Tuesday, September 25, 2018

China Offending

"It took a lot of meticulous research -- figuring out what's going on took a combination of skills [from a range of groups."
Maya Wang, Hong Kong-based researcher for Human Rights Watch

"[A mass ethnic roundup may not be the best way, but] maybe it's the necessary way to deal with Islamic or religious extremism, because the West has failed in doing so."
"Look at Belgium, look at Paris, look at some other European countries."
Li Xiaojun, spokesman, State council Information Office, Beijing
Xinjiang police
Law-enforcement officials patrol near the Id Kah Mosque in Kashgar, Xinjiang.
AP Photo/Ng Han Guan

It is now known that the government of China has expended billions in a vast archipelago of high-security indoctrination camps in the mountainous far western region of Xinjiang, home of the minority Chinese Uyghur, the Turkic Muslim population living in that vast region. The camps are populated by hundreds of thousands of people taken from their families in reflection of the undeniable, that they are Muslim and as such make Chinese authorities very nervous indeed.

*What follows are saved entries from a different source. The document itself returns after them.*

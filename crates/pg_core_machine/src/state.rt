//! Where a run over partitions stands.
ghost use Rattle.std.specs.Prelude.{◌≡◌, ◌+◌, ◌%◌, ◌<◌, ◌==◌, ◌^◌, cond, map, slice_set, None, Some, IfOk};
ghost use Rattle.std.specs.List.{list_all, range_with_len};
ghost use Rattle.std.specs.Option.{option_map};
ghost use Rattle.pg_core_machine.specs.Machine.{after, first_state, host_of, is_alive, is_allowed, is_at};
ghost use Rattle.pg_core_machine.specs.Machine.{is_from as from_test, place_at, places_without, saved_at};
ghost use Rattle.pg_core_machine.specs.declared.event.Closed.{Closed};
ghost use Rattle.pg_core_machine.specs.declared.event.Event.{Event};

use crate::Closed;
use pg_graph::{Memory, PartitionId, Superstep, WorkerId};
use std::alloc::Global;
use std::marker::Model;

/// Where a run over partitions stands between two events.
pub struct State {
    hosts: Vec<WorkerId>,
    places: Vec<Option<Superstep>>,
    saved: Vec<Option<Superstep>>,
    current: Superstep,
    alive: Vec<bool>,
    ended: bool,
}

// By hand, so that it is let go by one call wherever that is, and not field by field.
impl Drop for State {
    fn drop(self) {
        let State {
            hosts: _,
            places: _,
            saved: _,
            current: _,
            alive: _,
            ended: _,
        } = self;
    }
}

impl Model for State {
    ghost use Rattle.pg_core_machine.specs.Machine.{State};

    ghost Value = { State };

    ghost view = { λ s. record {
      hosts = s.hosts.items;
      places = s.places.items;
      saved = s.saved.items;
      current = s.current;
      alive = s.alive.items;
      ended = s.ended;
    } };
}

impl State {
    /// By partition, the worker that hosts it.
    pub fn hosts(&self) -> &[WorkerId]
        ensures { result.now ≡ self.now.hosts }
    {
        self.hosts.as_slice()
    }

    /// By partition, the superstep that it is at; `None` where it is lost.
    pub fn places(&self) -> &[Option<Superstep>]
        ensures { result.now ≡ self.now.places }
    {
        self.places.as_slice()
    }

    /// By partition, the superstep that was saved, if one was.
    pub fn saved(&self) -> &[Option<Superstep>]
        ensures { result.now ≡ self.now.saved }
    {
        self.saved.as_slice()
    }

    /// The open superstep, or the last one of a run that has ended.
    pub fn current(&self) -> Superstep
        ensures { result ≡ self.now.current }
    {
        self.current
    }

    /// By worker, whether it is alive.
    pub fn alive(&self) -> &[bool]
        ensures { result.now ≡ self.now.alive }
    {
        self.alive.as_slice()
    }

    /// Whether the run has ended.
    pub fn ended(&self) -> bool
        ensures { result ≡ self.now.ended }
    {
        self.ended
    }

    /// The superstep that a partition is at. `None` where it is lost, and for a number that is none of a partition.
    pub fn place(&self, partition: PartitionId) -> Option<Superstep>
        ensures { result ≡ place_at partition self.now }
    {
        let place = partition.number() as usize;
        if place >= self.places.len() {
            return None;
        }
        self.places[place]
    }

    /// The worker that hosts a partition; worker 0 for a number that is none of a partition.
    pub fn host(&self, partition: PartitionId) -> WorkerId
        ensures { result ≡ host_of partition self.now }
    {
        let place = partition.number() as usize;
        if place >= self.hosts.len() {
            return WorkerId::new(0);
        }
        self.hosts[place]
    }

    /// Whether a partition may step: the run hasn't ended, the partition's superstep isn't past the open one, and no
    /// partition is behind it or lost. Costs O(partitions).
    pub fn may_step(&self, partition: PartitionId) -> bool
        ensures { result ≡ is_allowed self.now (Event.Step partition) }
    {
        if self.ended {
            return false;
        }
        match self.place(partition) {
            Some(place) => place <= self.current && all_from(self.places.as_slice(), place),
            None => false,
        }
    }

    /// Whether the open superstep may be closed: the run hasn't ended, and all partitions are past it. Costs
    /// O(partitions).
    pub fn may_close(&self) -> bool
        requires { self.now.current + 1 < 2 ^ 32 }
        ensures { result ≡ is_allowed self.now (Event.Close Closed.Next) }
    {
        let next = Superstep::new(self.current.number() + 1);
        !self.ended && all_at(self.places.as_slice(), next)
    }

    /// The superstep of a partition that was saved, if one was; `None` for a number that is none of a partition.
    pub fn saved_place(&self, partition: PartitionId) -> Option<Superstep>
        ensures { result ≡ saved_at partition self.now }
    {
        let index = partition.number() as usize;
        if index >= self.saved.len() {
            return None;
        }
        self.saved[index]
    }

    /// Whether a worker is alive; one that there isn't is not.
    pub fn is_alive(&self, worker: WorkerId) -> bool
        ensures { result ≡ is_alive worker self.now }
    {
        let index = worker.number() as usize;
        index < self.alive.len() && self.alive[index]
    }

    /// Whether a worker may fall: the run hasn't ended, and it is alive.
    pub fn may_lose(&self, worker: WorkerId) -> bool
        ensures { result ≡ is_allowed self.now (Event.Lose worker) }
    {
        !self.ended && self.is_alive(worker)
    }

    /// Whether a partition may be given to a worker: the run hasn't ended, there is the partition, and the worker is
    /// alive.
    pub fn may_host(&self, partition: PartitionId, worker: WorkerId) -> bool
        ensures { result ≡ is_allowed self.now (Event.Host partition worker) }
    {
        let there = (partition.number() as usize) < self.places.len();
        !self.ended && there && self.is_alive(worker)
    }

    /// Whether a partition may be restored at a superstep: the run hasn't ended, the partition is lost, its host is
    /// alive, and the superstep is the first or the one that was saved.
    pub fn may_restore(&self, partition: PartitionId, superstep: Superstep) -> bool
        ensures { result ≡ is_allowed self.now (Event.Restore partition superstep) }
    {
        let there = (partition.number() as usize) < self.places.len();
        let lost = self.place(partition).is_none();
        let alive = self.is_alive(self.host(partition));
        let known = superstep.number() == 0 || self.saved_place(partition) == Some(superstep);
        !self.ended && there && lost && alive && known
    }

    /// Whether a partition may be saved: the run hasn't ended, and the partition isn't lost.
    pub fn may_save(&self, partition: PartitionId) -> bool
        ensures { result ≡ is_allowed self.now (Event.Save partition) }
    {
        !self.ended && self.place(partition).is_some()
    }

    /// As a run begins.
    pub fn first(alloc: Global, partitions: u32, workers: u32) -> Result<State, Memory>
        requires { 0 < workers }
        ensures { IfOk result (λ state. state ≡ first_state partitions workers) }
    {
        Ok(State {
            hosts: first_hosts(alloc, partitions, workers)?,
            places: filled(alloc, partitions, Some(Superstep::new(0)))?,
            saved: filled(alloc, partitions, None)?,
            current: Superstep::new(0),
            alive: filled(alloc, workers, true)?,
            ended: false,
        })
    }

    /// A partition has made a step.
    pub fn step(&mut self, partition: PartitionId, next: Superstep)
        requires { option_map (λ r. r + 1) (place_at partition self.old) ≡ Some next }
        ensures { self.new ≡ after self.old (Event.Step partition) }
    {
        let place = partition.number() as usize;
        if place < self.places.len() {
            self.places[place] = Some(next);
        }
    }

    /// A worker has fallen: the partitions that it hosts are lost.
    pub fn lose(&mut self, worker: WorkerId)
        ensures { self.new ≡ after self.old (Event.Lose worker) }
    {
        let index = worker.number() as usize;
        if index < self.alive.len() {
            self.alive[index] = false;
        }
        lose_hosted(worker, self.hosts.as_slice(), &mut self.places);
    }

    /// A worker hosts a partition from now on.
    pub fn host_on(&mut self, partition: PartitionId, worker: WorkerId)
        ensures { self.new ≡ after self.old (Event.Host partition worker) }
    {
        let index = partition.number() as usize;
        if index < self.hosts.len() {
            self.hosts[index] = worker;
        }
    }

    /// A partition is at a superstep again.
    pub fn restore(&mut self, partition: PartitionId, superstep: Superstep)
        ensures { self.new ≡ after self.old (Event.Restore partition superstep) }
    {
        let index = partition.number() as usize;
        if index < self.places.len() {
            self.places[index] = Some(superstep);
        }
    }

    /// The superstep of a partition was saved.
    pub fn save(&mut self, partition: PartitionId)
        ensures { self.new ≡ after self.old (Event.Save partition) }
    {
        let place = self.place(partition);
        let index = partition.number() as usize;
        if index < self.saved.len() {
            self.saved[index] = place;
        }
    }

    /// The open superstep was closed.
    pub fn close(&mut self, closed: Closed)
        requires { self.old.current + 1 < 2 ^ 32 }
        ensures { self.new ≡ after self.old (Event.Close closed) }
    {
        match closed {
            Closed::Next => self.current = Superstep::new(self.current.number() + 1),
            Closed::Ended => self.ended = true,
        }
    }
}

/// The partitions that a worker hosts are lost, by their hosts.
fn lose_hosted(worker: WorkerId, hosts: &[WorkerId], places: &mut Vec<Option<Superstep>>)
    ensures { places.new.items ≡ places_without worker hosts.now places.old.items }
{
    for index in 0..hosts.len() {
        lose_if_hosted(worker, hosts[index], index, places);
    }
}

/// The partition of this number is lost, if its host is that worker.
fn lose_if_hosted(
    worker: WorkerId,
    host: WorkerId,
    index: usize,
    places: &mut Vec<Option<Superstep>>,
)
    ensures { places.new.items ≡ cond (host == worker) (slice_set places.old.items index None) places.old.items }
{
    if host == worker && index < places.len() {
        places[index] = None;
    }
}

/// The workers that host so many partitions at first: one after another, and again.
fn first_hosts(alloc: Global, partitions: u32, workers: u32) -> Result<Vec<WorkerId>, Memory>
    requires { 0 < workers }
    ensures { IfOk result (λ hosts. hosts.items ≡ map (λ p. p % workers) (range_with_len 0 partitions)) }
{
    let mut hosts = Vec::new(alloc);
    for partition in 0..partitions {
        hosts.push(WorkerId::new(partition % workers))?;
    }
    Ok(hosts)
}

/// A value so many times.
fn filled<T: Copy>(alloc: Global, count: u32, value: T) -> Result<Vec<T>, Memory>
    ensures { IfOk result (λ values. values.items ≡ map (λ _. value) (range_with_len 0 count)) }
{
    let mut values = Vec::new(alloc);
    for _place in 0..count {
        values.push(value)?;
    }
    Ok(values)
}

/// Whether all of them are at a superstep.
fn all_at(places: &[Option<Superstep>], superstep: Superstep) -> bool
    ensures { result ≡ list_all (is_at superstep) places.now }
{
    places.iter().all(|place| *place == Some(superstep))
}

/// Whether all of them are at a superstep or further.
fn all_from(places: &[Option<Superstep>], superstep: Superstep) -> bool
    ensures { result ≡ list_all (from_test superstep) places.now }
{
    places.iter().all(|place| is_from(*place, superstep))
}

/// Whether a partition at this place is at a superstep or further.
fn is_from(place: Option<Superstep>, superstep: Superstep) -> bool
    ensures { result ≡ from_test superstep place }
{
    match place {
        Some(place) => superstep <= place,
        None => false,
    }
}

They would, needless to say, like to be independent of China, to have their traditional territory hived off, to be independent, autonomous, sovereign.

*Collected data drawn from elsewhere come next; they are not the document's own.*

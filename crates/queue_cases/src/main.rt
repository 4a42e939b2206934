// The queues on small cases: what they refuse, and in which order they serve.
#![tactic(auto)]

use model::Errand;
use queue::{Alike, ByWorth, ErrandQueue, FirstCome, Queue, Rule, Slot, WorthForUnits};
use std::io;

fn errand(number: u32, units: u32, worth: u32) -> Errand {
    Errand {
        number,
        units,
        worth,
    }
}

// Puts the errands one by one, and prints the number of what refused each, 0 where nothing did.
fn put_all<Q: Queue>(rt: &HostRuntime, queue: &mut Q, errands: &[Errand]) -> io::Result<()> {
    print!(rt; "put")?;
    for errand in errands {
        let number = queue.put(*errand).err().map(|why| why.number());
        print!(rt; " {}", number.unwrap_or(0))?;
    }
    println!(rt; "")
}

// Takes a number, and prints the units that it had left, or what refused it.
fn take_one<Q: Queue>(rt: &HostRuntime, queue: &mut Q, number: u32) -> io::Result<()> {
    match queue.take(number) {
        Ok(units) => println!(rt; "take {number} had {units}"),
        Err(why) => println!(rt; "take {number} refused {}", why.number()),
    }
}

// Spends at most so many units, and prints the numbers that had them, then the one that is named next.
fn serve<Q: Queue>(rt: &HostRuntime, queue: &mut Q, most: u32) -> io::Result<()> {
    print!(rt; "serve")?;
    for _ in 0..most {
        if let Some(number) = queue.spend() {
            print!(rt; " {number}")?;
        }
    }
    match queue.name() {
        Some(number) => println!(rt; ", next {number}"),
        None => println!(rt; ", nothing waits"),
    }
}

// 6 for 2 units goes before 3 for 3 by worth.
fn rated<Q: Queue + Drop>(rt: &HostRuntime, mut queue: Q) -> io::Result<()> {
    put_all(rt, &mut queue, &[errand(1, 3, 3), errand(2, 2, 6)])?;
    serve(rt, &mut queue, 6)
}

// Of equals the first put is first. What is spent on an errand does not change its rating.
fn tied<Q: Queue + Drop>(rt: &HostRuntime, mut queue: Q) -> io::Result<()> {
    put_all(rt, &mut queue, &[errand(1, 2, 2), errand(2, 1, 1)])?;
    serve(rt, &mut queue, 1)?;
    put_all(rt, &mut queue, &[errand(3, 4, 4), errand(4, 1, 2)])?;
    serve(rt, &mut queue, 9)
}

// The middle one leaves; a number that does not wait is refused.
fn taken<Q: Queue + Drop>(rt: &HostRuntime, mut queue: Q) -> io::Result<()> {
    put_all(
        rt,
        &mut queue,
        &[errand(1, 1, 9), errand(2, 3, 9), errand(3, 4, 9)],
    )?;
    take_one(rt, &mut queue, 2)?;
    take_one(rt, &mut queue, 2)?;
    serve(rt, &mut queue, 6)
}

// The refusals of put, each alone and where several fit, and that of take. What is said below is of a queue with room for two. One with
// room for none answers 10 wherever it does not answer 8.
fn refused<Q: Queue + Drop>(rt: &HostRuntime, mut queue: Q) -> io::Result<()> {
    // Limits: 8; then within them.
    put_all(
        rt,
        &mut queue,
        &[
            errand(1, 0, 0),
            errand(1, 4097, 0),
            errand(1, 1, 65536),
            errand(1, 4096, 65535),
        ],
    )?;
    // 8 and 9; 9; a second errand; 10.
    put_all(
        rt,
        &mut queue,
        &[
            errand(1, 4_294_967_295, 0),
            errand(1, 1, 1),
            errand(2, 1, 1),
            errand(3, 1, 1),
        ],
    )?;
    // With no room left: 8 and 10; 9 and 10; 8, 9 and 10; 10.
    put_all(
        rt,
        &mut queue,
        &[
            errand(3, 1, 65536),
            errand(2, 1, 1),
            errand(2, 0, 1),
            errand(3, 1, 1),
        ],
    )?;
    take_one(rt, &mut queue, 3)?;
    serve(rt, &mut queue, 2)?;
    take_one(rt, &mut queue, 1)?;
    take_one(rt, &mut queue, 1)?;
    take_one(rt, &mut queue, 2)
}

// For how many of 1,030 errands there is room.
fn filled<Q: Queue + Drop>(rt: &HostRuntime, mut queue: Q) -> io::Result<()> {
    let mut places = 0u32;
    for number in 0..1030 {
        if queue.put(errand(number, 1, 1)).is_ok() {
            places = places.saturating_add(1);
        }
    }
    println!(rt; "places {places}")
}

// In which order a queue of a rule serves.
fn served<R: Rule>(rt: &HostRuntime, rule: &str) -> io::Result<()> {
    let mut slots = [Slot::free(); 8];
    println!(rt; "{rule}")?;
    rated(rt, ErrandQueue::<R>::new(&mut slots))?;
    tied(rt, ErrandQueue::<R>::new(&mut slots))?;
    taken(rt, ErrandQueue::<R>::new(&mut slots))
}

fn full(rt: &HostRuntime) -> io::Result<()> {
    let mut few = [Slot::free(); 2];
    refused(rt, FirstCome::new(&mut few))?;
    refused(rt, ByWorth::new(&mut few))?;
    filled(rt, ByWorth::new(&mut few))?;
    refused(rt, ByWorth::new(&mut few[0..0]))?;
    let mut many = [Slot::free(); 1025];
    filled(rt, FirstCome::new(&mut many))
}

fn main(rt: HostRuntime) -> io::Result<()> {
    served::<Alike>(&rt, "first come")?;
    served::<WorthForUnits>(&rt, "by worth")?;
    full(&rt)
}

Another issue of great purport to China, which accuses any ethnic group that wishes to be sovereign in recognition of their heritage geography, to be 'splittist', potentially harming the treasured Chinese perfection of 'harmony'. And so, the ethnic Uyghur are placed in those vast holding centres to ensure that they are unable to plot, to mount offences, to become de facto terrorists in their struggle against Chinese authority insisting they must be good citizens and adapt to complete compliance. Held in these camps, it can be assured that they submit to authority.

In 2014 Chinese authorities launched their "Strike Hard Campaign Against Violent Terrorism" with the specific aim of pacifying the Uyghur population of Jinjiang. Achieved initially by arresting thousands whose ethnic roots and stubborn faith in Islam rendered them suspects of Islamic terrorism, or (shudder) separation. Two years later, a greater network of "political re-education camps" emerged. Chinese law is bypassed and so is due process for these camps stuffed with hundreds of thousands against whom no legal accusations have been lodged.

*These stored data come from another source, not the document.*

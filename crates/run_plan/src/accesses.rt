//! How each table is reached: a remote's by its look-up alone, and any other by a scan, or as an
//! access of the words says.

ghost use Rattle.std.specs.Prelude.{◌≡◌, ◌<◌, ◌≤◌, Ok, Err, IfOk, IfErr, All, length, slice_get, option_map};
ghost use Rattle.command_line.specs.Within.{IsAccess};
ghost use Rattle.sq_bind.specs.Given.{AreAccesses};
ghost use Rattle.remote_lookup.specs.Filled as filled;
ghost use Rattle.run_plan.specs.Accesses as spec;
ghost use Rattle.run_plan.specs.Naming.{counts};
ghost use Rattle.run_plan.specs.Open.{AreOpen, AreReached};
ghost use Rattle.run_plan.specs.Doing.{Refuses};
ghost use Rattle.run_plan.specs.Steps.{ComesTo};

use crate::status::Status;
use command_line::AccessWord;
use remote_lookup::Remote;
use sq_expr::Access;
use sq_value::{Column, Memory, Tables, same_name};
use std::alloc::Global;

/// The place of the column of this name.
pub(crate) fn column_named(columns: &[Column], name: &str) -> Option<usize>
    ensures { result ≡ spec.place_of_column columns.now name.now }
{
    columns
        .iter()
        .position(|column| same_name(column.name.as_str(), name))
}

// The place of the column that an access names, where its table has it.
fn column_asked(tables: &Tables, asked: &AccessWord) -> Option<u32>
    requires { asked.now.table < length tables.now }
    ensures { result ≡ spec.column_asked tables.now asked.now }
{
    let columns = tables.get(asked.table).columns();
    match column_named(columns, asked.column.as_str()) {
        Some(place) => Some(place as u32),
        None => None,
    }
}

// The first access whose table lacks its column; accesses count from 1.
fn first_lacking(tables: &Tables, asked: &[AccessWord]) -> Option<u32>
    requires few { length asked.now ≤ 16 }
    requires within { All (IsAccess (length tables.now)) asked.now }
    ensures { result ≡ spec.first_lacking tables.now 1 asked.now }
{
    for (index, access) in asked.iter().enumerate() {
        match column_asked(tables, access) {
            Some(_) => {}
            None => return Some(index as u32 + 1),
        }
    }
    None
}

// How a table is reached that isn't a remote's.
fn access_to(tables: &Tables, asked: &[AccessWord], table: u32) -> Access
    requires { All (IsAccess (length tables.now)) asked.now }
    ensures { result ≡ spec.access_to tables.now asked.now table }
{
    for access in asked {
        if access.table == table {
            return Access {
                scan: access.scan,
                look_up: column_asked(tables, access),
            };
        }
    }
    Access {
        scan: true,
        look_up: None,
    }
}

// The place of the remote that has this table.
fn remote_of(remotes: &[Remote], table: u32) -> Option<usize>
    ensures { result ≡ filled.remote_of remotes.now table }
{
    remotes.iter().position(|remote| remote.table == table)
}

// The column of the remote at a place that looks its rows up.
fn column_at(remotes: &[Remote], place: usize) -> Option<u32>
    ensures { result ≡ option_map (λ r. r.column) (slice_get remotes.now place) }
{
    match remotes.get(place) {
        Some(remote) => Some(remote.column),
        None => None,
    }
}

// The column that a table is looked up by alone, where it is a remote's.
fn remote_column(remotes: &[Remote], table: u32) -> Option<u32>
    ensures { result ≡ option_map (λ r. r.column) (spec.remote_at remotes.now table) }
{
    match remote_of(remotes, table) {
        Some(place) => column_at(remotes, place),
        None => None,
    }
}

// How a table is reached.
fn reach_to(tables: &Tables, asked: &[AccessWord], remotes: &[Remote], table: u32) -> Access
    requires { All (IsAccess (length tables.now)) asked.now }
    ensures { result ≡ spec.reach_to tables.now asked.now remotes.now table }
{
    match remote_column(remotes, table) {
        Some(column) => Access {
            scan: false,
            look_up: Some(column),
        },
        None => access_to(tables, asked, table),
    }
}

// How each table is reached.
fn accesses_to(
    alloc: Global,
    tables: &Tables,
    asked: &[AccessWord],
    remotes: &[Remote],
) -> Result<Vec<Access>, Memory>
    requires { All (IsAccess (length tables.now)) asked.now }
    ensures { IfOk result (λ accesses. accesses.items ≡ spec.accesses_to tables.now asked.now remotes.now) }
{
    let mut accesses = Vec::new(alloc);
    for table in 0..tables.len() {
        accesses.push(reach_to(tables, asked, remotes, table))?;
    }
    Ok(accesses)
}

/// How each table is reached, by the accesses that the words ask for, and by the look-up of each remote.
///
/// # Errors
/// `NoColumn`: the first access that names a column which its table lacks; or `Memory`.
pub fn read_accesses(
    alloc: Global,
    tables: &Tables,
    asked: &[AccessWord],
    remotes: &[Remote],
) -> Result<Vec<Access>, Status>
    requires few { length asked.now ≤ 16 }
    requires within { All (IsAccess (length tables.now)) asked.now }
    requires opened { AreOpen tables.now remotes.now }
    ensures ok { IfOk result (λ accesses.
        ComesTo (spec.accesses_read tables.now asked.now remotes.now) (Ok accesses.items)) }
    ensures fit { IfOk result (λ accesses. AreAccesses tables.now accesses.items) }
    ensures reached { IfOk result (λ accesses. AreReached remotes.now accesses.items) }
    ensures refused { IfErr result (λ s.
        Refuses (counts 0 (length asked.now) 0)
        (ComesTo (spec.accesses_read tables.now asked.now remotes.now) (Err s)) s) }
{
    match first_lacking(tables, asked) {
        Some(access) => Err(Status::NoColumn { access }),
        None => match accesses_to(alloc, tables, asked, remotes) {
            Ok(accesses) => Ok(accesses),
            Err(_) => Err(Status::Memory),
        },
    }
}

"They have a chair called the 'tiger.' My ankles were shackled, my hands locked to the chair. I couldn't move. They wouldn't let me sleep. They also hung me up for hours, and they beat me."
"They had thick wooden and rubber batons, whips made from twisted wire, needles to pierce the skin, pliers for pulling out your nails."
"All these tools were displayed on the table in front of me, ready for use at any time. You could hear other people screaming as well." 
omir xinjiang uighur bbc newsnight
Omir described being tortured by Chinese police at an internment camp in Karamay, Xinjiang.
BBC Newsnight


The United Nations last month, confirming the existence of the camps and their population, called on China for their release and the closure of the camps. Earlier, diplomats representing Canada, France, Germany and Switzerland made a formal request to China to discuss the existence of the camps, leaving China somewhat unimpressed and unresponsive. It was Beijing journalists who first became aware of the existence of the camps in 2014, from reports in the Uyghur-language media outside China; sources such as Radio Free Asia.

Adrian Zenz, a German scholar, obtained work-tender contracts revealing the size and purpose of the camps and the billions in treasury spent making them reality. Shawn Zhang, a University of British Columbia law student, used satellite images combined with Dr. Zenze's documents to pinpoint the precise location, rapid growth and widespread nature of the network of camps.

china muslims xinjiang uyghur
Uighurs in Kashgar, Xinjiang, carry a flag of the Chinese Communist Party and walk past a billboard with President Xi Jinping's face on it in June 2017.